Chemical Bonding 2

COVALENT BONDING

Sharing electrons

When two non-metals react together, they both need to gain electrons to complete full outer shells. The only way this can be achieved is if they share their outer electrons

Hydrogen: Each hydrogen atom has only one electron and needs one more to complete its first shell. When two hydrogen atoms get close together their shells can overlap and then they can share their electrons.

Since, electrons are being shared, there is a strong force of attraction between them. This force is a covalent bond.

The bonded atoms form molecules. Hydrogen's molecular formula is H₂.

Chlorine: A chlorine atom needs a share of one other electron to obtain a full outer shell. If two chlorine atoms are placed together the result is as shown below:

Oxygen: Each oxygen atom requires a share of two electrons.

Since each oxygen atom has a share of two pairs of electrons, we call this a double covalent bond.

Covalent compounds

There is a vast number of compounds that exist as molecules.

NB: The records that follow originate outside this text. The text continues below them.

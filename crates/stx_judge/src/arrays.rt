// The lists of a scenario, in the order in which a document has them.
ghost use Rattle.std.specs.Prelude.{◌≡◌, ◌++◌, OnOk, IfOk};
ghost use Rattle.stx_base.specs.Valid.{first_rows, own_classes};
ghost use Rattle.stx_judge.specs.Judge.{events_faults, schedule_faults, settings_faults, rows_faults, classes_faults, beans_faults, methods_faults, syncs_faults, listeners_faults, clients_faults, scenario_faults};

use crate::checks::{Faults, check_array, check_each};
use crate::parts::Parts;
use std::alloc::Global;
use stx_refusals::{Argument, Fault, Stage, check_count, check_place};
use stx_scenario::{
    BUILT_IN_CLASSES, ClassDecl, List, MOST_BEANS, MOST_CLASSES, MOST_CLIENTS, MOST_CONNECTIONS,
    MOST_EVENTS, MOST_LISTENERS, MOST_METHODS, MOST_ROWS, MOST_SYNCS, MOST_TURNS, Name, NoMemory,
    Scenario,
};

/// What the stages on single places refuse in a scenario, in walk order.
#[tactic(auto, unfolding(crate::specs::Judge::scenario_faults))]
pub fn scenario_faults(alloc: Global, scenario: &Scenario) -> Result<List<Fault>, NoMemory>
    ensures { IfOk result (λ faults. faults ≡ scenario_faults scenario.now) }
{
    let mut faults = List::new(alloc);
    let parts = Parts { alloc, scenario };
    first_faults(&mut faults, &parts)?;
    last_faults(&mut faults, &parts)?;
    Ok(faults)
}

// Up to the beans.
fn first_faults(faults: &mut Faults, parts: &Parts) -> Result<(), NoMemory>
    ensures { OnOk result (faults.new ≡ faults.old ++ events_faults parts.now.scenario.now ++ schedule_faults parts.now.scenario.now ++ settings_faults parts.now.scenario.now ++ rows_faults parts.now.scenario.now ++ classes_faults parts.now.scenario.now) }
{
    let alloc = parts.alloc;
    events_faults(faults, parts)?;
    let schedule = parts.scenario.schedule.as_slice();
    check_array(alloc, faults, "schedule", MOST_TURNS, parts, schedule)?;
    settings_faults(faults, parts)?;
    rows_faults(faults, parts)?;
    let classes = own_classes(parts.scenario);
    check_array(alloc, faults, "classes", MOST_CLASSES, parts, classes)
}

// From the beans on.
fn last_faults(faults: &mut Faults, parts: &Parts) -> Result<(), NoMemory>
    ensures { OnOk result (faults.new ≡ faults.old ++ beans_faults parts.now.scenario.now ++ methods_faults parts.now.scenario.now ++ syncs_faults parts.now.scenario.now ++ listeners_faults parts.now.scenario.now ++ clients_faults parts.now.scenario.now) }
{
    let alloc = parts.alloc;
    let beans = parts.scenario.beans.as_slice();
    check_array(alloc, faults, "beans", MOST_BEANS, parts, beans)?;
    let methods = parts.scenario.methods.as_slice();
    check_array(alloc, faults, "methods", MOST_METHODS, parts, methods)?;
    let syncs = parts.scenario.syncs.as_slice();
    check_array(alloc, faults, "syncs", MOST_SYNCS, parts, syncs)?;
    let listeners = parts.scenario.listeners.as_slice();
    check_array(alloc, faults, "listeners", MOST_LISTENERS, parts, listeners)?;
    clients_faults(faults, parts)
}

fn events_faults(faults: &mut Faults, parts: &Parts) -> Result<(), NoMemory>
    ensures { OnOk result (faults.new ≡ faults.old ++ events_faults parts.now.scenario.now) }
{
    let alloc = parts.alloc;
    let array = parts.place(Argument::from_text(String::from_str(alloc, "events")?));
    let path = array.path.as_str();
    let names = parts.scenario.events.as_slice();
    check_array(alloc, faults, path, MOST_EVENTS, &array, names)
}

fn settings_faults(faults: &mut Faults, parts: &Parts) -> Result<(), NoMemory>
    ensures { OnOk result (faults.new ≡ faults.old ++ settings_faults parts.now.scenario.now) }
{
    let alloc = parts.alloc;
    let pool = parts.scenario.settings.pool;
    let passed = 1 <= pool && pool <= MOST_CONNECTIONS;
    check_place(alloc, faults, "settings.pool", passed, Stage::OutOfRange)
}

fn rows_faults(faults: &mut Faults, parts: &Parts) -> Result<(), NoMemory>
    ensures { OnOk result (faults.new ≡ faults.old ++ rows_faults parts.now.scenario.now) }
{
    let names = first_rows(parts.scenario);
    let count = parts.scenario.values.len();
    check_count(parts.alloc, faults, "rows", MOST_ROWS, count)?;
    check_each(faults, parts, names)
}

fn clients_faults(faults: &mut Faults, parts: &Parts) -> Result<(), NoMemory>
    ensures { OnOk result (faults.new ≡ faults.old ++ clients_faults parts.now.scenario.now) }
{
    let alloc = parts.alloc;
    let count = parts.scenario.clients.len();
    let passed = 1 <= count;
    check_place(alloc, faults, "clients", passed, Stage::OutOfRange)?;
    check_count(alloc, faults, "clients", MOST_CLIENTS, count)?;
    check_each(faults, parts, parts.scenario.clients.as_slice())
}

// The names that the rows section gives.
fn first_rows(scenario: &Scenario) -> &[Name]
    ensures { result.now ≡ first_rows scenario.now }
{
    let names = scenario.row_names.as_slice();
    let count = scenario.values.len();
    if names.len() <= count {
        return names;
    }
    &names[..count]
}

fn own_classes(scenario: &Scenario) -> &[ClassDecl]
    ensures { result.now ≡ own_classes scenario.now }
{
    let classes = scenario.classes.as_slice();
    if classes.len() <= BUILT_IN_CLASSES {
        return &[];
    }
    &classes[BUILT_IN_CLASSES..]
}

Water: In each molecule, H₂O, one oxygen atom shares electrons with two hydrogen atoms.

Ammonia: In each molecule, NH₃, one nitrogen atom shares its electrons with three hydrogen atoms, so that they all reach full shells.

Methane: Its formula is CH₄. One carbon atom shares its electrons with four hydrogen atoms.

2. TYPES OF SOLID

The four types that we shall study in this quick learn are:

1. Metals

2. Ionic

3. Molecular

4. Giant molecular

The metals

In a metal, the atoms are very tightly packed, leaving little space between them. Due to this tight packing, the outer electrons become delocalised from their atoms. This results in a 'sea' of electrons around a lattice of ions or 'pseudo' cations.

Properties of metals

Here are some general properties, but remember there are always exceptions!

1. They are hard.
2. They are tough.
3. They are not easily compressed.
4. High tensile strength - not easily stretched.
5. Malleable - can be bent or hammered into a shape.
6. Ductile - can be drawn into wires.
7. Good conductors of heat and electricity because of sea of electrons that can move around the lattice carrying heat energy or charge.
8. Usually high melting points.

Ionic solids

Ionic solids are made up of a lattice composed of oppositely charged ions. One of the most common ionic solids is sodium chloride. Sodium chloride is made up of sodium and chloride ions packed - a lattice. The ions are held by electrostatic charges in an ionic bond.

Properties of ionic solids

1. High melting points and boiling points due to strong ionic bonds. Most are solids at room temp.
2. They are brittle - will shatter with a hammer.
3. Usually soluble in water. Insoluble in non-polar solvents.
4. Do not conduct electricity in solid state. They do conduct when molten or dissolved in water since the ions are free to carry the charges as the ionic bonds do not hold them firmly in the liquid state.

Molecular solids

In a molecular solid, the molecules are held together by weak Van Der Waal's force, but packed in a regular pattern. Iodine is an example of a molecular solid. Each iodine molecule is made up of 2 iodine atoms, held together by a strong covalent bond. Each iodine molecule is held to another by weak Van Der Waal's forces.

Properties of molecular solids

1. Low melting and boiling point due to weak forces between molecules.
2. They are brittle.
3. Insoluble in water but soluble in non-polar solvents such as tetrachloromethane and petrol.
4. Do not conduct electricity. Molecules do not carry a charge so even when melted, molecular solids cannot conduct.

Giant molecular solids

Diamond and graphite

Diamond: Is made up of a lattice of carbon atoms. Each carbon atom can make 4 covalent bonds to 4 other carbon atoms. Each outer atom then bonds to 3 more and so on. Eventually millions of carbon atoms are bonded to form a giant lattice.

Properties of diamond

1. Very hard - hardest known substance. Each atom held to 4 others by strong covalent bonds - this explains the high melting point.
2. Does not conduct electricity due to no ions or free electrons to carry charge.

Graphite: Graphite is made up of flat sheets of carbon atoms.

Each carbon atom makes three covalent bonds to other carbon atoms. T his gives rings of 6 atoms. The flat sheets that lie on top of each other are held by weak forces - Van Der Waal's.

Properties of graphite

1. It is soft and slippery due to sheets of atoms been able to slide over one another because of weak forces between them.
2. A good conductor of electricity. This is due to each atom only using 3 out of 4 outer electrons in bonding. The fourth electron of each atom becomes delocalised throughout the lattice, enabling graphite to carry charge.
3. High melting point due to strong covalent bonds holding atoms of carbon together in the rings.